Some part of his brain registered that she had changed very little in the intervening years. There were fresh lines around her eyes, but she wore the same stylish, severe blazer and silver necklace and lapel pin that glittered like stars in darkness. His mouth turned dry. She watched him with the half-smile and arched eyebrow of a woman who knew more than she was letting on, who like him had tried to hold onto her honor while keeping her head above water. A woman who had fought her demons—literally—and had come out victorious. A woman who was, in short, beautiful.
Akira rocked back on his heels. Beautiful. Not a word he had associated with her five years ago. She had been the enemy then, a woman with the power to condemn him to juvenile hall if he made one wrong step. Who had interrogated him after he had been beaten and drugged. Who he had fought and then helped save. Who had then saved his life. Not a woman he should be attracted to, but the sparks danced along his skin all the same. Now it was Ryuji's voice in his head. It had been so long since he had had a girlfriend. He needed to start dating again. Somehow he doubted that this was who Ryuji had in mind.
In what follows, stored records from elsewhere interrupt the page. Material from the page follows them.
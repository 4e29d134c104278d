//! A run as a scene holds it, and the calls that it makes of its reporter.

ghost use Rattle.std.specs.Prelude.{◌≡◌, IfOk, IfErr, get_or};
ghost use Rattle.std.specs.List.{AllZip};
ghost use Rattle.scene_reader.specs.Names.{IsCallOf, event_lines, no_lines, text_lines};
ghost use Rattle.scene_follower.specs.Names.{AreReadyCallsOf, IsJudgeFault, OfText};
ghost use Rattle.scenes.specs.Names.{IsFaultOfLines};
ghost use Rattle.scenes.specs.{SceneNotes.NotesEvent};

use command_line::args::Options;
use command_line::fault::Fault;
use console_reporter::imp::{ReportCall, unload_skipped};
use run_model::event::TestEventKind;
use run_model::info::InfoResponse;
use run_model::memory::OutOfMemory;
use run_model::name::{OwnedTestInstanceId, TestInstanceId};
use scene_fields::fault::LineError;
use scene_fields::split::first_line;
use scene_fields::stored::PlacedOutput;
use scene_follower::read::{Reading, SceneSource};
use scene_follower::reporter::decider_of;
use scene_reader::reader::{CallSink, read_call};
use scene_run_lines::config::SceneConfig;
use scene_unit_lines::lines::no_names;
use std::alloc::Global;
use std::marker::Model;

/// A run of which all lines were read. It owns their text, and the names of their tests.
#[derive(Drop)]
pub struct Scene {
    config: SceneConfig,
    text: Vec<u8>,
    events: Vec<ReadEvent>,
}

// The line of an event: its number, from 1, and the names of its test, or empty ones.
#[derive(Drop)]
struct ReadEvent {
    number: u64,
    names: OwnedTestInstanceId,
}

impl Model for Scene {
    ghost use Rattle.std.specs.Prelude.{map};
    ghost use Rattle.scene_follower.specs.ParsedScenes.{IsOfText, SceneText};

    ghost Value = { SceneText };

    ghost view = { λ s. record { text = s.text.items; config = s.config } };

    ghost invariant = { λ s. IsOfText s.text.items s.config (map (λ e. e.number) s.events.items) };
}

impl Scene {
    // Reads the lines of a text, of a scene in this file.
    pub(crate) fn read<'a>(alloc: Global, file: &'a str, text: Vec<u8>) -> Result<Scene, Fault<'a>>
        ensures scene { IfOk result (λ scene. scene.text ≡ text.items) }
        ensures fault { IfErr result (IsFaultOfLines (text_lines text.items)) }
        ensures of_judge { IfErr result (IsJudgeFault file.now) }
    {
        let mut source = SceneSource::new(alloc, text.as_slice())?;
        let mut reading = Reading::begin(alloc, file, &mut source)?;
        let mut events = Events {
            lines: Vec::new(alloc),
        };
        let config = reading.read.config;
        reading.pass_to(alloc, file, &mut source, &mut events)?;
        drop(source);
        Ok(Scene {
            config,
            text,
            events: events.lines,
        })
    }

    /// The configuration of its report.
    pub fn config(&self) -> &SceneConfig
        ensures config { result.now ≡ self.now.config }
        ensures of_text { OfText self.now.text (λ run. run.config ≡ self.now.config) }
    {
        &self.config
    }

    /// Its text.
    pub fn text(&self) -> &[u8]
        ensures text { result.now ≡ self.now.text }
        ensures of_text { OfText self.now.text (λ run. run.config ≡ self.now.config) }
    {
        self.text.as_slice()
    }

    /// The line of the event with this index, from 1; 0 if there is no such event.
    pub fn line_of(&self, index: usize) -> u64
        ensures { result ≡ get_or (event_lines 1 no_lines (text_lines self.now.text)) index 0 }
    {
        match self.events.get(index) {
            Some(event) => event.number,
            None => 0,
        }
    }

    /// The calls that the scene makes of a reporter, in order. They borrow its names. Where the options ask for it, the
    /// output that the reporter does not show is left unread, which changes neither its report nor what it refuses.
    ///
    /// # Errors
    ///
    /// `OutOfMemory`.
    pub fn calls(
        &self,
        alloc: Global,
        options: &Options<'_>,
    ) -> Result<Vec<ReportCall<'_>>, Fault<'static>>
        ensures calls { IfOk result
            (λ calls. OfText self.now.text (λ run. AreReadyCallsOf options.now run calls.items)) }
        ensures err { IfErr result (λ fault. fault ≡ Fault.OutOfMemory) }
    {
        let mut calls = self.whole_calls(alloc)?;
        if !options.unload_skipped {
            return Ok(calls);
        }
        let decider = decider_of(options, &self.config);
        unload_skipped(&decider, calls.as_mut_slice());
        Ok(calls)
    }

    // The calls, each with its output. The lines are read again, and each was read before, so none is malformed.
    fn whole_calls(&self, alloc: Global) -> Result<Vec<ReportCall<'_>>, OutOfMemory>
        ensures { IfOk result (λ calls. OfText self.now.text (λ run. AllZip IsCallOf run.events calls.items)) }
    {
        let mut calls = Vec::with_capacity(alloc, self.events.len())?;
        let mut rest = Some(self.text.as_slice());
        for _turn in 0..u64::MAX {
            let Some(left) = rest else {
                return Ok(calls);
            };
            let (line, after) = first_line(left);
            let names = self.events.get(calls.len()).map(|event| &event.names);
            let call = match read_call(alloc, names, line) {
                Ok(call) => call,
                Err(LineError::OutOfMemory) => return Err(OutOfMemory),
                Err(LineError::Fault(_)) => unreachable!(),
            };
            if let Some(call) = call {
                calls.push(call)?;
            }
            rest = after;
        }
        Err(OutOfMemory)
    }
}

// The lines of the events that were read.
#[derive(Drop)]
struct Events {
    lines: Vec<ReadEvent>,
}

impl CallSink for Events {
    ghost takes = { λ old file. NotesEvent old };

    fn take<'a>(
        &mut self,
        alloc: Global,
        _file: &'a str,
        number: u64,
        _stored: &[PlacedOutput],
        call: &mut ReportCall<'_>,
    ) -> Result<(), Fault<'a>> {
        let names = match test_of(call) {
            Some(test) => {
                let (binary_id, test_name) = (test.binary_id.as_str(), test.test_name.as_str());
                OwnedTestInstanceId::new(alloc, binary_id, test_name)?
            }
            None => no_names(alloc),
        };
        match self.lines.push(ReadEvent { number, names }) {
            Ok(()) => Ok(()),
            Err(_) => Err(Fault::OutOfMemory),
        }
    }
}

// The test of a call, if the call is about one.
fn test_of<'c>(call: &'c ReportCall<'_>) -> Option<&'c TestInstanceId<'c>> {
    let ReportCall::Event(event) = call else {
        return None;
    };
    match &event.kind {
        TestEventKind::TestStarted { test_instance, .. }
        | TestEventKind::TestSlow { test_instance, .. }
        | TestEventKind::TestAttemptFailedWillRetry { test_instance, .. }
        | TestEventKind::TestRetryStarted { test_instance, .. }
        | TestEventKind::TestFinished { test_instance, .. }
        | TestEventKind::TestSkipped { test_instance, .. } => Some(test_instance),
        TestEventKind::InfoResponse {
            response: InfoResponse::Test(response),
            ..
        } => Some(&response.test_instance),
        _ => None,
    }
}
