fn deliver_to<W: WriteStr>(w: &mut W, text: &str) -> Result<(), WriteFault>
    ensures text { Puts W.meaning w.old text.now result w.new }
    ensures delivered { OnOk result (W.meaning.is_delivered w.new) }
{
    w.write_str(text)?;
    w.write_str_flush()
}

/// The report of a scene as a text in memory, as [`report_scene`] prints it.
///
/// # Errors
///
/// The fault of the first line that has one, the line of the first call that is refused, that the file cannot be read,
/// or that memory is refused.
pub fn report_to_string<'a, R: Read + Drop>(
    alloc: Global,
    options: &Options<'a>,
    reader: R,
) -> Result<String, Fault<'a>>
    requires no_store { store_for options.now ≡ None }
    ensures report { (text : List ℕ) → R.remaining reader ≡ Some text
        → IfOk result (λ report. OfText text
        (Prints device device options.now (Some [], None) (Some (string_bytes report), None))) }
    ensures fault { (text : List ℕ) → R.remaining reader ≡ Some text
        → IfErr result (IsRefusal options.now (text_lines text)) }
{
    let Ok(mut source) = SceneSource::new(alloc, reader) else {
        return Err(Fault::OutOfMemory);
    };
    let mut reading = match Reading::begin(alloc, options.file, &mut source) {
        Ok(reading) => reading,
        Err(fault) => return Err(fault),
    };
    let config = reading.read.config;
    let builder = match builder_of(alloc, options, &config) {
        Ok(builder) => builder,
        Err(fault) => return Err(fault),
    };
    let mut text = String::new(alloc);
    let no_store = None::<Store<'_, String>>;
    let reporter = SceneReporter::build(alloc, options, builder, &config, &mut text, no_store);
    let mut gathering = Gathering::new(reporter);
    match reading.pass_to(alloc, options.file, &mut source, &mut gathering) {
        Ok(()) => {}
        Err(fault) => return Err(fault),
    }
    let Gathering { reporter, refused } = gathering;
    match refused {
        None => {}
        Some(fault) => return Err(fault),
    }
    let (report, _store) = reporter.into_parts(options);
    Ok(mem::replace(report, String::new(alloc)))
}

/// Reads a scene to its end, and judges each line as it is read, and then whether its reporter would refuse a call. It
/// returns the text of the lines.
///
/// # Errors
///
/// The fault of the first line that has one, the line of the first call that is refused, that the file cannot be read,
/// or that memory is refused.
fn read_judged<'a, R: Read + Drop>(
    alloc: Global,
    options: &Options<'a>,
    reader: R,
) -> Result<Vec<u8>, Fault<'a>>
    ensures accepted { (text : List ℕ) → R.remaining reader ≡ Some text → IfOk result
        (λ kept. OfText text (λ run. IsRunAccepted options.now run × (text_read kept.items ≡ Ok run))) }
    ensures fault { (text : List ℕ) → R.remaining reader ≡ Some text
        → IfErr result (IsRefusal options.now (text_lines text)) }
{
    let Ok(mut source) = KeepingSource::new(alloc, reader) else {
        return Err(Fault::OutOfMemory);
    };
    match judge_source(alloc, options, &mut source) {
        Ok(()) => {}
        Err(fault) => return Err(fault),
    }
    let KeepingSource { kept, .. } = source;
    Ok(kept)
}

// Judges a text.
fn judge_text<'a>(alloc: Global, options: &Options<'a>, text: &[u8]) -> Result<(), Fault<'a>>
    ensures accepted { OnOk result (OfText text.now (IsRunAccepted options.now)) }
    ensures fault { IfErr result (IsRefusal options.now (text_lines text.now)) }
{
    let Ok(mut source) = SceneSource::new(alloc, text) else {
        return Err(Fault::OutOfMemory);
    };
    judge_source(alloc, options, &mut source)
}

// Judges the lines of a source: each of them, and then whether their reporter would refuse a call.
fn judge_source<'a, L: RunSource>(
    alloc: Global,
    options: &Options<'a>,
    source: &mut L,
) -> Result<(), Fault<'a>>
    ensures accepted { (total : ℕ) (all : List RunLine) → L.left total source.old [] no_lines all → OnOk result
        (OfLines all (λ run. IsRunAccepted options.now run × L.left total source.new [] run [])) }
    ensures fault { (total : ℕ) (all : List RunLine) → L.left total source.old [] no_lines all
        → IfErr result (IsRefusal options.now all) }
{
    let mut reading = match Reading::begin(alloc, options.file, source) {
        Ok(reading) => reading,
        Err(fault) => return Err(fault),
    };
    let mut judge = Judge::new(decider_of(options, &reading.read.config));
    match reading.pass_to(alloc, options.file, source, &mut judge) {
        Ok(()) => {}
        Err(fault) => return Err(fault),
    }
    match judge.refused {
        None => Ok(()),
        Some(fault) => Err(fault),
    }
}

/// Writes the report of a text that was judged.
fn report_judged<W: Write, S: Write>(
    alloc: Global,
    options: &Options<'_>,
    text: &[u8],
    writer: W,
    store_writer: S,
) -> (Result<(), Fault<'static>>, W, S)
    ensures ok { OnOk result.0
        (OfText text.now
        (Prints device device options.now (W.contents writer, S.contents store_writer)
        (W.contents result.1, S.contents result.2))) }
    ensures err { OfText text.now (IsRunAccepted options.now) → IfErr result.0
        (λ fault. OfText text.now
        (λ run. Begins device device options.now (W.contents writer, S.contents store_writer)
        (W.contents result.1, S.contents result.2) run fault)) }
    ensures no_store { options.now.store ≡ None → result.2 ≡ store_writer }
{
    let (outcome, writer, store_writer) = follow_scene(alloc, options, text, writer, store_writer);
    match outcome {
        Ok(_) => (Ok(()), writer, store_writer),
        Err(fault) => (Err(in_memory(fault)), writer, store_writer),
    }
}

// The fault of a text in memory, which names no file. Reading it fails only if memory is refused.
fn in_memory(fault: Fault<'_>) -> Fault<'static>
    ensures { result ≡ fault_in_memory fault.entry }
{
    match fault {
        Fault::Usage => Fault::Usage,
        Fault::CannotRead { .. } | Fault::CannotWrite { .. } => Fault::OutOfMemory,
        Fault::Line { line, fault } => Fault::Line { line, fault },
        Fault::WriteFailed => Fault::WriteFailed,
        Fault::StoreFailed => Fault::StoreFailed,
        Fault::OutOfMemory => Fault::OutOfMemory,
    }
}

/// Reads a scene to its end, and each line by itself.
///
/// # Errors
///
/// The fault of the first line that is wrong, `CannotRead` with the file of the options, or `OutOfMemory`.
pub fn read_whole<'a, R: Read + Drop>(
    alloc: Global,
    options: &Options<'a>,
    reader: R,
) -> Result<Scene, Fault<'a>>
    ensures fault { IfErr result (IsJudgeFault options.now.file.now) }
    ensures scene { (text : List ℕ) → R.remaining reader ≡ Some text → IfOk result (λ scene. scene.text ≡ text) }
    ensures first_fault { (text : List ℕ) → R.remaining reader ≡ Some text
        → IfErr result (IsFaultOfLines (text_lines text)) }
{
    Scene::read(alloc, options.file, read_text(alloc, options, reader)?)
}

// The bytes of a reader, to its end.
fn read_text<'a, R: Read + Drop>(
    alloc: Global,
    options: &Options<'a>,
    reader: R,
) -> Result<Vec<u8>, Fault<'a>>
    ensures text { (text : List ℕ) → R.remaining reader ≡ Some text → IfOk result (λ read. read.items ≡ text) }
    ensures fault { IfErr result (IsUnread options.now.file.now) }
{
    let mut reader = reader;
    let mut text = Vec::new(alloc);
    match reader.read_to_end(&mut text) {
        Ok(_) => Ok(text),
        Err(error) => Err(Fault::CannotRead { file: options.file }.by_kind(error.kind())),
    }
}

/// Reads a scene to its end and judges it: each line by itself, and then whether its reporter would refuse a call.
///
/// # Errors
///
/// The fault of the first line that is wrong, that of the line of the first call that is refused, `CannotRead`, or
/// `OutOfMemory`.
pub fn judge<'a, R: Read + Drop>(
    alloc: Global,
    options: &Options<'a>,
    reader: R,
) -> Result<Scene, Fault<'a>>
    ensures fault { IfErr result (IsJudgeFault options.now.file.now) }
    ensures scene { (text : List ℕ) → R.remaining reader ≡ Some text → IfOk result (λ scene. scene.text ≡ text) }
    ensures first_fault { (text : List ℕ) → R.remaining reader ≡ Some text
        → IfErr result (λ fault. IsFaultOfLines (text_lines text) fault ⊎ IsRefusedText options.now text fault) }
    // No call of the scene is refused.
    ensures accepted { IfOk result (λ scene. OfText scene.text (IsRunAccepted options.now)) }
{
    let scene = read_whole(alloc, options, reader)?;
    match judge_text(alloc, options, scene.text()) {
        Ok(()) => Ok(scene),
        Err(fault) => Err(fault),
    }
}

/// Writes the report of a scene to a device, and its records to a second one if the options ask for them, and returns
/// both. Its text is judged first: if the reporter refuses a call, both devices are as they were.
///
/// # Errors
///
/// The fault of the line of the first call that is refused; or a failed device, or refused memory, after which each
/// device has a prefix.
pub fn write_scene<W: Write, S: Write>(
    alloc: Global,
    options: &Options<'_>,
    scene: &Scene,
    writer: W,
    store_writer: S,
) -> (Result<(), Fault<'static>>, W, S)
    ensures ok { OnOk result.0
        (OfText scene.now.text
        (Prints device device options.now (W.contents writer, S.contents store_writer)
        (W.contents result.1, S.contents result.2))) }
    ensures err { IfErr result.0
        (λ fault. (IsRefusedText options.now scene.now.text fault
        × (result.1 ≡ writer) × (result.2 ≡ store_writer))
        ⊎ OfText scene.now.text
        (λ run. Begins device device options.now (W.contents writer, S.contents store_writer)
        (W.contents result.1, S.contents result.2) run fault)) }
    ensures no_store { options.now.store ≡ None → result.2 ≡ store_writer }
{
    match judge_text(alloc, options, scene.text()) {
        Ok(()) => {}
        Err(fault) => return (Err(in_memory(fault)), writer, store_writer),
    }
    report_judged(alloc, options, scene.text(), writer, store_writer)
}

/// Writes the report of a scene as [`write_scene`] does, and drops both devices.
///
/// # Errors
///
/// Those of [`write_scene`].
pub fn write_report<W: Write + Drop, S: Write + Drop>(
    alloc: Global,
    options: &Options<'_>,
    scene: &Scene,
    writer: W,
    store_writer: S,
) -> Result<(), Fault<'static>>
    ensures ok { OnOk result
        (OfText scene.now.text (λ run. (last : W) × (store_last : S)
        × Prints device device options.now (W.contents writer, S.contents store_writer)
        (W.contents last, S.contents store_last) run)) }
    ensures err { IfErr result
        (λ fault. IsRefusedText options.now scene.now.text fault
        ⊎ OfText scene.now.text (λ run. (last : W) × (store_last : S)
        × Begins device device options.now (W.contents writer, S.contents store_writer)
        (W.contents last, S.contents store_last) run fault)) }
{
    let (outcome, _writer, _store_writer) = write_scene(
        alloc,
        options,
        scene,
        writer,
        store_writer,
    );
    outcome
}
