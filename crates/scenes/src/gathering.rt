//! A reporter that writes to memory, for a report that is printed whole or not at all.

ghost use Rattle.std.specs.Prelude.{◌≡◌, None};
ghost use Rattle.scenes.specs.Gathered.{GathersCall, HoldsFault};

use command_line::fault::Fault;
use console_reporter::imp::ReportCall;
use console_reporter::write_str::WriteStr;
use scene_fields::stored::PlacedOutput;
use scene_follower::scene_reporter::SceneReporter;
use scene_reader::reader::CallSink;
use std::alloc::Global;

/// A reporter that writes to memory. After a refused call it makes no other, but the lines after it are still read: a
/// line that cannot be read is reported first, wherever it is.
#[derive(Drop)]
pub(crate) struct Gathering<'a, W, S> {
    pub(crate) reporter: SceneReporter<'a, W, S>,
    /// The fault of the first line whose call is refused.
    pub(crate) refused: Option<Fault<'static>>,
}

impl<'a, W: WriteStr, S: WriteStr> Gathering<'a, W, S> {
    /// Gathers the report of this reporter, before its first call.
    pub(crate) fn new(reporter: SceneReporter<'a, W, S>) -> Gathering<'a, W, S>
        ensures reporter { result.reporter ≡ reporter.entry }
        ensures refused { result.refused ≡ None }
    {
        Gathering {
            reporter,
            refused: None,
        }
    }

    // Holds the fault if it is that of a line, else returns it.
    fn hold<'f>(&mut self, fault: Fault<'f>) -> Result<(), Fault<'f>>
        ensures { HoldsFault self.old fault.entry result self.new }
    {
        match fault {
            Fault::Line { line, fault } => {
                self.refused = Some(Fault::Line { line, fault });
                Ok(())
            }
            Fault::Usage => Err(Fault::Usage),
            Fault::CannotRead { file } => Err(Fault::CannotRead { file }),
            Fault::CannotWrite { file } => Err(Fault::CannotWrite { file }),
            Fault::WriteFailed => Err(Fault::WriteFailed),
            Fault::StoreFailed => Err(Fault::StoreFailed),
            Fault::OutOfMemory => Err(Fault::OutOfMemory),
        }
    }
}

impl<'a, W: WriteStr, S: WriteStr> CallSink for Gathering<'a, W, S> {
    ghost takes = { λ old file. GathersCall W.meaning S.meaning old };

    #[inline(always)]
    fn take<'f>(
        &mut self,
        alloc: Global,
        file: &'f str,
        number: u64,
        stored: &[PlacedOutput],
        call: &mut ReportCall<'_>,
    ) -> Result<(), Fault<'f>> {
        if self.refused.is_some() {
            return Ok(());
        }
        match self.reporter.take(alloc, file, number, stored, call) {
            Ok(()) => Ok(()),
            Err(fault) => self.hold(fault),
        }
    }
}
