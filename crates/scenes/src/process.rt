//! What a program does with the words of a scene's report.

ghost use Rattle.std.specs.Prelude.{◌≡◌, Err, None};
ghost use Rattle.command_line.specs.Args.{options_of, texts};
ghost use Rattle.command_line.specs.declared.fault.Fault.TheVariants.{Usage};

use crate::report::report_scene;
use command_line::args::{Options, words};
use command_line::fault::Fault;
use scene_follower::process::create_store;
use std::fs::File;
use std::io;
use writers::write_str::RetryInterrupted;

/// Prints the report of the scene in the file that the words name last, as `report` does. The file of the records is
/// created or emptied once the scene is accepted, and before a byte is written.
///
/// # Errors
///
/// `Usage` if the words are wrong, `CannotRead` if the file cannot be opened, and those of [`report_scene`].
pub fn report_file<'a>(rt: &HostRuntime, args: &'a [String]) -> Result<(), Fault<'a>>
    ensures usage { options_of (texts args.now) ≡ None → result ≡ Err Usage }
{
    let Some(options) = words(args) else {
        return Err(Fault::Usage);
    };
    let options = Options {
        is_last: true,
        ..options
    };
    let file = match File::open(rt, options.file) {
        Ok(file) => file,
        Err(error) => return Err(Fault::CannotRead { file: options.file }.by_kind(error.kind())),
    };
    let alloc = rt.alloc();
    // A write that a signal interrupts is repeated.
    let output = RetryInterrupted::new(io::writer(rt));
    // The lines of the scene were all read, so the file of the records may be the same.
    let create_records = |path| Ok(RetryInterrupted::new(create_store(rt, path, &[])?));
    report_scene(alloc, &options, file, output, create_records).0
}
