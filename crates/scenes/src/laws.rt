//! Laws of the specs: functions that do nothing.
//!
//! Such a function has no arguments and no body. Its clause says something about definitions alone, and the prover
//! proved it. So a law shows what the clauses of other functions imply.

ghost use Rattle.std.specs.Prelude.{◌≡◌, ◌⊎◌, ℕ, List, [], None, Option, Some};
ghost use Rattle.scene_reader.specs.Names.{ParsedLines, RunLine};
ghost use Rattle.scene_follower.specs.Names.{Begins, IsStop, IsUnread, OfText, Options, Prints, StandAtOneCall};
ghost use Rattle.scene_follower.specs.Names.{StopsBy, device};
ghost use Rattle.scenes.specs.Names.{IsNotCreated, IsRunAccepted, SceneFails};
ghost use Rattle.scene_follower.specs.Follow.{IsWrongLine};
ghost use Rattle.scene_follower.specs.Read.{AtLine};
ghost use Rattle.{styled_text.specs.Texts.Text, run_model.specs.declared.call.ReportCall.ReportCall};

use command_line::fault::Fault;
use std::io::Write;

/// If a fault stops a report with records, the records come after the texts: no call has a record in the second device
/// before its text is in the first one. So if nothing was printed, nothing was stored, provided that a call without a
/// text has no record. `report_scene` and `follow_source` promise `StandAtOneCall`.
pub fn records_come_after_texts()
    ensures { (texts records : List ReportCall → Text) (calls : List ReportCall) (stored : List ℕ)
        → ((first : List ReportCall) → texts first ≡ [] → records first ≡ [])
        → StandAtOneCall device device texts records calls (Some [], Some []) (Some [], Some stored) → stored ≡ [] }
{}

/// What the clause `err` of `report_scene` leaves where `judge` accepts the scene: the file cannot be read, a device
/// failed, memory was refused, or the store was not created, with its own fault. When one of the first three comes is
/// not specified: a body that always returns `OutOfMemory` meets the clause.
pub fn scenes_end_well<'a, W: Write, S: Write, F: FnOnce(&'a str) -> Result<S, Fault<'a>>>()
    ensures { (options : Options) (text : List ℕ) (create_store : F) (old : W) (new : W × Option S) (fault : Fault)
        → SceneFails W.contents S.contents (F.post create_store) options text old new fault
        → OfText text (IsRunAccepted options)
        → IsUnread options.file.now fault ⊎ IsStop options fault
        ⊎ IsNotCreated (F.post create_store) options text fault (old, None) new }
{}

/// Like [`scenes_end_well`], for `follow_source` and a source without a malformed line or a refused call.
pub fn followed_lines_end_well<W: Write, S: Write>()
    ensures { (options : Options) (all : List RunLine) (old new : W × S) (fault : Fault)
        → StopsBy options all
        (Prints device device options (W.contents old.0, S.contents old.1) (W.contents new.0, S.contents new.1))
        (Begins device device options (W.contents old.0, S.contents old.1) (W.contents new.0, S.contents new.1))
        fault
        → ((run : ParsedLines) (lines : List RunLine) (number : ℕ) (wrong : Fault)
        → AtLine all run lines number → IsWrongLine options run lines number wrong → ⊥)
        → IsUnread options.file.now fault ⊎ IsStop options fault }
{}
"I heard about the book deal," she continued. Her voice was different than he remembered. Nervous, almost tentative. "Young adult fantasy, was it? Good for you." Her gaze flickered downward for a fraction of a second. "I was worried for a while about what those months in confinement would do to you."
"Had to be done. Shido is rotting where he belongs." Which had made the months staring at the white walls and being treated as if he were one breath away from becoming a monster any easier.
You could have avoided all that. But no, you had to be a hero.
"You needed my help?" he asked.
She relaxed, breathed a sigh of relief, and gestured for him to sit. A thick file folder sat on the desk. Inside was a mug shot of a man in his thirties: slightly overweight, shabbily dressed—and with an expression of utter confusion and terror. "Hachiro Sato. Married for ten years, three children between the ages of two and six. He stabbed them to death and was found kneeling over their bodies, sobbing and with the knife still in his hand. No known motive, but the prosecutor expects to seek the death penalty. Open and shut case."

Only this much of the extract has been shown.